*** INPUT DATA
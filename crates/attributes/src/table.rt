ghost use Rattle.std.specs.Prelude.{◌≡◌, ℕ, ◌*◌, ◌-◌, ◌^◌, ◌<◌, ◌≤◌, length, map, slice_get, slice_index, Some, IfOk};
ghost use Rattle.tree_laws.specs.Tree.{graph_tree};
ghost use Rattle.partition_tree.specs.TreeLists.{nodes};
ghost use Rattle.attributes.specs.Attributes.{attributes_of, altitude_over, node_numbers};
ghost use Rattle.attributes.specs.Sums.{GiveVolumes, GiveDynamics, volumes_by, dynamics_by};

use crate::sums::NodeSums;
use hg_base::{Graph, OutOfMemory};
use partition_tree::Tree;
use std::alloc::{AllocError, Global};
use std::marker::Model;
use std::thread::{Threads, join};

/// The area, the volume and the dynamics of each node of a graph's tree, by number of node (Perret and others, Higra,
/// 2019).
#[derive(Drop)]
pub struct Attributes {
    areas: Vec<u64>,
    volumes: Vec<u64>,
    dynamics: Vec<u64>,
}

impl Model for Attributes {
    ghost use Rattle.attributes.specs.Attributes.{AttributeLists};

    ghost Value = { AttributeLists };

    ghost use Rattle.attributes.specs.AttributesFields.{lists_of_fields, AreOfNodes};

    ghost view = { lists_of_fields };

    ghost invariant = { λ a. AreOfNodes (lists_of_fields a) };
}

impl Attributes {
    /// The attributes of the nodes of the graph's own tree: those of a node's vertices under the altitude of its
    /// parent, a root being its own parent.
    pub fn of(alloc: Global, graph: &Graph, tree: &Tree) -> Result<Attributes, OutOfMemory>
        requires { tree.now ≡ graph_tree graph.now }
        ensures { IfOk result (λ attributes. attributes ≡ attributes_of graph.now) }
    {
        made(alloc, graph, tree).map_err(|_| OutOfMemory)
    }

    /// The same attributes, found in as many threads as can be had.
    pub fn of_in_threads(
        rt: &(impl Threads + Sync),
        alloc: Global,
        graph: &Graph,
        tree: &Tree,
    ) -> Result<Attributes, OutOfMemory>
        requires { tree.now ≡ graph_tree graph.now }
        ensures { IfOk result (λ attributes. attributes ≡ attributes_of graph.now) }
    {
        made_in_threads(rt, alloc, graph, tree).map_err(|_| OutOfMemory)
    }

    /// How many nodes there are. It takes no memory.
    pub fn nodes(&self) -> u32
        ensures { result ≡ length self.now.areas }
    {
        self.areas.len() as u32
    }

    /// The area of a node: the sum of the areas of its vertices. It takes no memory.
    pub fn area(&self, i: u32) -> u64
        requires { i < length self.now.areas }
        ensures { slice_get self.now.areas i ≡ Some result }
    {
        self.areas[i as usize]
    }

    /// The volume of a node: the sum, over its vertices, of the area times the depth of the floor below the parent's
    /// altitude. It takes no memory.
    pub fn volume(&self, i: u32) -> u64
        requires { i < length self.now.areas }
        ensures { slice_get self.now.volumes i ≡ Some result }
    {
        self.volumes[i as usize]
    }

    /// The dynamics of a node: the depth of its lowest floor below the parent's altitude. It takes no memory.
    pub fn dynamics(&self, i: u32) -> u64
        requires { i < length self.now.areas }
        ensures { slice_get self.now.dynamics i ≡ Some result }
    {
        self.dynamics[i as usize]
    }
}

fn made(alloc: Global, graph: &Graph, tree: &Tree) -> Result<Attributes, AllocError>
    requires { tree.now ≡ graph_tree graph.now }
    ensures { IfOk result (λ attributes. attributes ≡ attributes_of graph.now) }
{
    graph.keeps_its_rules();
    let sums = NodeSums::of(alloc, graph, tree)?;
    let volumes = volumes(alloc, tree, &sums.areas, &sums.products)?;
    let dynamics = dynamics(alloc, tree, &sums.lowest)?;
    Ok(Attributes {
        areas: sums.areas,
        volumes,
        dynamics,
    })
}

fn made_in_threads(
    rt: &(impl Threads + Sync),
    alloc: Global,
    graph: &Graph,
    tree: &Tree,
) -> Result<Attributes, AllocError>
    requires { tree.now ≡ graph_tree graph.now }
    ensures { IfOk result (λ attributes. attributes ≡ attributes_of graph.now) }
{
    graph.keeps_its_rules();
    let sums = NodeSums::of_in_threads(rt, alloc, graph, tree)?;
    let (volumes, dynamics) = volumes_beside_dynamics(
        rt,
        alloc,
        tree,
        &sums.areas,
        &sums.products,
        &sums.lowest,
    )?;
    Ok(Attributes {
        areas: sums.areas,
        volumes,
        dynamics,
    })
}

// The volumes of the nodes, and beside them the dynamics.
fn volumes_beside_dynamics(
    rt: &(impl Threads + Sync),
    alloc: Global,
    tree: &Tree,
    areas: &[u64],
    products: &[u64],
    lowest: &[u64],
) -> Result<(Vec<u64>, Vec<u64>), AllocError>
    requires sums { GiveVolumes tree.now areas.now products.now × GiveDynamics tree.now lowest.now }
    ensures { IfOk result (λ found. (found.0.items ≡ volumes_by tree.now areas.now products.now) × (found.1.items ≡ dynamics_by tree.now lowest.now)) }
{
    let volumes = || -> Result<Vec<u64>, AllocError>
        requires { GiveVolumes tree.now areas.now products.now }
        ensures { IfOk result (λ volumes. volumes.items ≡ volumes_by tree.entry.now areas.entry.now products.entry.now) }
    { volumes(alloc, tree, areas, products) };
    let dynamics = || -> Result<Vec<u64>, AllocError>
        requires { GiveDynamics tree.now lowest.now }
        ensures { IfOk result (λ dynamics. dynamics.items ≡ dynamics_by tree.entry.now lowest.entry.now) }
    { dynamics(alloc, tree, lowest) };
    let (volumes, dynamics) = join(rt, volumes, dynamics);
    Ok((volumes?, dynamics?))
}

// The altitude of a node's parent, a root being its own parent.
fn altitude_over(tree: &Tree, i: u32) -> u64
    requires { i < nodes tree.now }
    ensures { result ≡ altitude_over tree.now i }
{
    tree.altitude(tree.parent(i))
}

// The altitude over each node times its area, less the sum over its vertices of area times floor.
fn volumes(
    alloc: Global,
    tree: &Tree,
    areas: &[u64],
    products: &[u64],
) -> Result<Vec<u64>, AllocError>
    requires areas { length areas.now ≡ nodes tree.now }
    requires products { length products.now ≡ nodes tree.now }
    requires fits { (i : ℕ) → i < nodes tree.now → altitude_over tree.now i * slice_index areas.now i < 2 ^ 64 }
    requires low { (i : ℕ) → i < nodes tree.now → slice_index products.now i ≤ altitude_over tree.now i * slice_index areas.now i }
    ensures { IfOk result (λ volumes. volumes.items ≡ map (λ i. altitude_over tree.now i * slice_index areas.now i - slice_index products.now i) (node_numbers tree.now)) }
{
    let mut volumes = Vec::with_capacity(alloc, areas.len())?;
    for i in 0..tree.nodes() {
        let altitude = altitude_over(tree, i);
        volumes.push(altitude * areas[i as usize] - products[i as usize])?;
    }
    Ok(volumes)
}

// The altitude over each node less its lowest floor.
fn dynamics(alloc: Global, tree: &Tree, lowest: &[u64]) -> Result<Vec<u64>, AllocError>
    requires lowest { length lowest.now ≡ nodes tree.now }
    requires low { (i : ℕ) → i < nodes tree.now → slice_index lowest.now i ≤ altitude_over tree.now i }
    ensures { IfOk result (λ dynamics. dynamics.items ≡ map (λ i. altitude_over tree.now i - slice_index lowest.now i) (node_numbers tree.now)) }
{
    let mut dynamics = Vec::with_capacity(alloc, lowest.len())?;
    for i in 0..tree.nodes() {
        let altitude = altitude_over(tree, i);
        dynamics.push(altitude - lowest[i as usize])?;
    }
    Ok(dynamics)
}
******
Could you copy each line in the listing above that includes the word "entry"?

        ensures { IfOk result (λ volumes. volumes.items ≡ volumes_by tree.entry.now areas.entry.now products.entry.now) }
        ensures { IfOk result (λ dynamics. dynamics.items ≡ dynamics_by tree.entry.now lowest.entry.now) }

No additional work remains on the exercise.